The Commission, made up of researchers, educators, and health leaders from across the globe, identified that adolescent mental health is shaped by social determinants—not just biology or behavior. When schools feel irrelevant, families feel distracted, and communities feel unavailable, young people reach for what’s left. As the Commission states, addressing youth wellbeing requires “equitable infrastructures of wellbeing”—things like community-based engagement, trust-building systems, and environments that help youth feel safe, supported, and valued. These needs weren’t just echoed by research—they were affirmed by the voices and experiences of everyone in the room. Among the speakers was mental health advocate and professional skier Drew Petersen, a suicide attempt survivor who spoke openly and emotionally about resilience. His message reminded us all that every situation is temporary, and that even in our darkest moments, we hold the power to change. He didn’t offer easy answers. He offered honesty. His vulnerability left a lasting impression—not because of his athletic achievements, but because he met the moment with truth and humanity.

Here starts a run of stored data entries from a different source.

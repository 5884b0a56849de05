//! What is against a word where no cycle of it is looked at.
ghost use Rattle.std.specs.Prelude.{◌≡◌, ◌<◌, ◌^◌, true};
ghost use Rattle.seq_core.specs.Progress.{reaches};
ghost use Rattle.refused_run.specs.Course.{place_of_phase, place_wanted, is_identity, begins_elsewhere, is_amid, is_misplaced, hands_over, is_outside, is_working, is_end, is_branch, costs_too_much, asks_status, is_kept_back, is_wrong, fits_in};

use crate::stand::Stand;
use micro_claims::{Bounds, Reason, cost, first_address};
use micro_word::Word;
use nand_geometry::Geometry;
use onfi_cycle::{Command, DataPhase, LunState, TailFacts};
use seq_core::Registers;

// Which of the two column bytes a change of the write column wants.
fn place_of_phase(phase: DataPhase) -> Option<usize>
    ensures { result ≡ place_of_phase phase }
{
    match phase {
        DataPhase::FirstColumn => Some(0),
        DataPhase::SecondColumn => Some(1),
        _ => None,
    }
}

// Which of the five address bytes a tail wants next.
fn place_wanted(tail: TailFacts) -> Option<usize>
    ensures { result ≡ place_wanted tail.opening tail.phase }
{
    match tail.opening {
        Some(opening) if opening.addresses < opening.opener.address_cycles() => {
            Some(first_address(opening.opener) + opening.addresses)
        }
        Some(_) | None => place_of_phase(tail.phase),
    }
}

// The one address of 90h or ECh is wanted, which may begin at any byte.
fn is_identity(tail: TailFacts) -> bool
    ensures { result ≡ is_identity tail.opening }
{
    match tail.opening {
        None => false,
        Some(opening) => opening.opener.reads_identity() && opening.addresses == 0,
    }
}

// An address begins at another byte than is wanted.
fn begins_elsewhere(tail: TailFacts, from: u8) -> bool
    ensures { result ≡ begins_elsewhere tail from }
{
    match place_wanted(tail) {
        None => false,
        Some(place) => place != usize::from(from) && !is_identity(tail),
    }
}

// An address is begun and not yet whole.
fn is_amid(tail: TailFacts) -> bool
    ensures { result ≡ is_amid tail }
{
    let is_begun = match tail.opening {
        None => false,
        Some(opening) => {
            0 < opening.addresses && opening.addresses < opening.opener.address_cycles()
        }
    };
    is_begun || matches!(tail.phase, DataPhase::SecondColumn)
}

// V8.
fn is_misplaced(tail: TailFacts, word: Word) -> bool
    ensures { result ≡ is_misplaced tail word }
{
    match word {
        Word::Address { from, .. } => begins_elsewhere(tail, from),
        Word::Column { .. } | Word::RowAdd { .. } | Word::Row { .. } | Word::Plane { .. } => {
            is_amid(tail)
        }
        _ => false,
    }
}

// The word hands the bus on.
fn hands_over(word: Word) -> bool
    ensures { result ≡ hands_over word }
{
    matches!(word, Word::Wait | Word::Yield)
}

// How many bytes the buffer has.
fn buffer_of(bounds: &Bounds) -> u32
    ensures { result ≡ bounds.now.buffer }
{
    bounds.buffer
}

/// What a word takes or gives is inside the buffer.
pub(crate) fn fits_in(bounds: &Bounds, registers: Registers, word: Word) -> bool
    ensures value { result ≡ fits_in bounds.now registers word }
    ensures little { result ≡ true → reaches registers.place word < 2 ^ 32 }
{
    match word {
        Word::Get { len } | Word::Put { len } => {
            u64::from(registers.place) + u64::from(len) <= u64::from(buffer_of(bounds))
        }
        _ => true,
    }
}

// V11.
fn is_outside(geometry: &Geometry, bounds: &Bounds, registers: Registers, word: Word) -> bool
    ensures { result ≡ is_outside geometry.now bounds.now registers word }
{
    match word {
        Word::Address { from, count } => {
            2 < u16::from(from) + u16::from(count)
                && (bounds.rows <= registers.index
                    || geometry.planes() <= u32::from(registers.plane))
        }
        _ => false,
    }
}

// The LUN is busy, has a row queued, reads a cache, or programs one.
fn is_working(look: Option<LunState>) -> bool
    ensures { result ≡ is_working look }
{
    match look {
        None => false,
        Some(look) => look.busy || 0 < look.queued || look.caching || look.programming,
    }
}

/// The program ends.
pub(crate) fn is_end(word: Word) -> bool
    ensures { result ≡ is_end word }
{
    matches!(word, Word::End { .. })
}

// V15.
fn costs_too_much(geometry: &Geometry, bounds: &Bounds, spent: u64, word: Word) -> bool
    requires { spent < 2 ^ 63 }
    ensures { result ≡ costs_too_much geometry.now bounds.now spent word }
{
    let more = cost(geometry, word);
    0 < more && u64::from(bounds.budget) < spent + more
}

// The command asks for the status.
fn asks_status(command: Command) -> bool
    ensures { result ≡ asks_status command }
{
    matches!(command, Command::ReadStatus | Command::ReadStatusEnhanced)
}

// A command that programs may not give, whatever the bus says of it.
fn is_kept_back(word: Word) -> bool
    ensures { result ≡ is_kept_back word }
{
    match word {
        Word::Command { byte } => asks_status(Command::of(byte)),
        _ => false,
    }
}

// The word branches on a status.
fn is_branch(word: Word) -> bool
    ensures { result ≡ is_branch word }
{
    matches!(word, Word::BranchOnStatus { .. })
}

/// Whether a reason that needs no cycle stands against a word, by where the program stands, the tail of its target and a look at its LUN.
pub(crate) fn is_wrong(
    geometry: &Geometry,
    bounds: &Bounds,
    stand: &Stand,
    tail: TailFacts,
    look: Option<LunState>,
    word: Word,
    reason: Reason,
) -> bool
    requires { stand.now.spent < 2 ^ 63 }
    ensures { result ≡ is_wrong geometry.now bounds.now stand.now tail look word reason }
{
    match reason {
        Reason::AddressUnaligned => is_misplaced(tail, word),
        Reason::HandoverInSequence => hands_over(word) && tail.is_open(),
        Reason::BufferPassed => !fits_in(bounds, stand.registers, word),
        Reason::RowOrPlaneOutside => is_outside(geometry, bounds, stand.registers, word),
        Reason::NoStatus => is_branch(word) && !stand.polled,
        Reason::EndsTooSoon => is_end(word) && (tail.is_open() || is_working(look)),
        Reason::OverBudget => costs_too_much(geometry, bounds, stand.spent, word),
        Reason::CommandNotAllowed => is_kept_back(word),
        Reason::CycleForbidden
        | Reason::NoWords
        | Reason::LoopUnpaired
        | Reason::LoopsTooDeep
        | Reason::BranchMisplaced
        | Reason::LastWordNotEnd
        | Reason::ColumnTooLarge => false,
    }
}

So what now? The students didn’t ask us to confiscate their phones or impose stricter rules. They asked us to show up—to be present in their lives in real and consistent ways. What they longed for wasn’t control, but connection. They asked for the kinds of moments that matter: walks instead of warnings, time instead of tips, care instead of correction. They weren’t seeking lectures. They were asking for partnership—for adults who would notice when they begin to fade behind their screens, and who would offer something more meaningful than silence in return. They showed up to the conversation and told the truth. Unfiltered. Unscripted. Brave. They trusted us enough to say what they needed. Now it’s our turn. The only question left is—are we truly listening? And more importantly—are we ready to respond?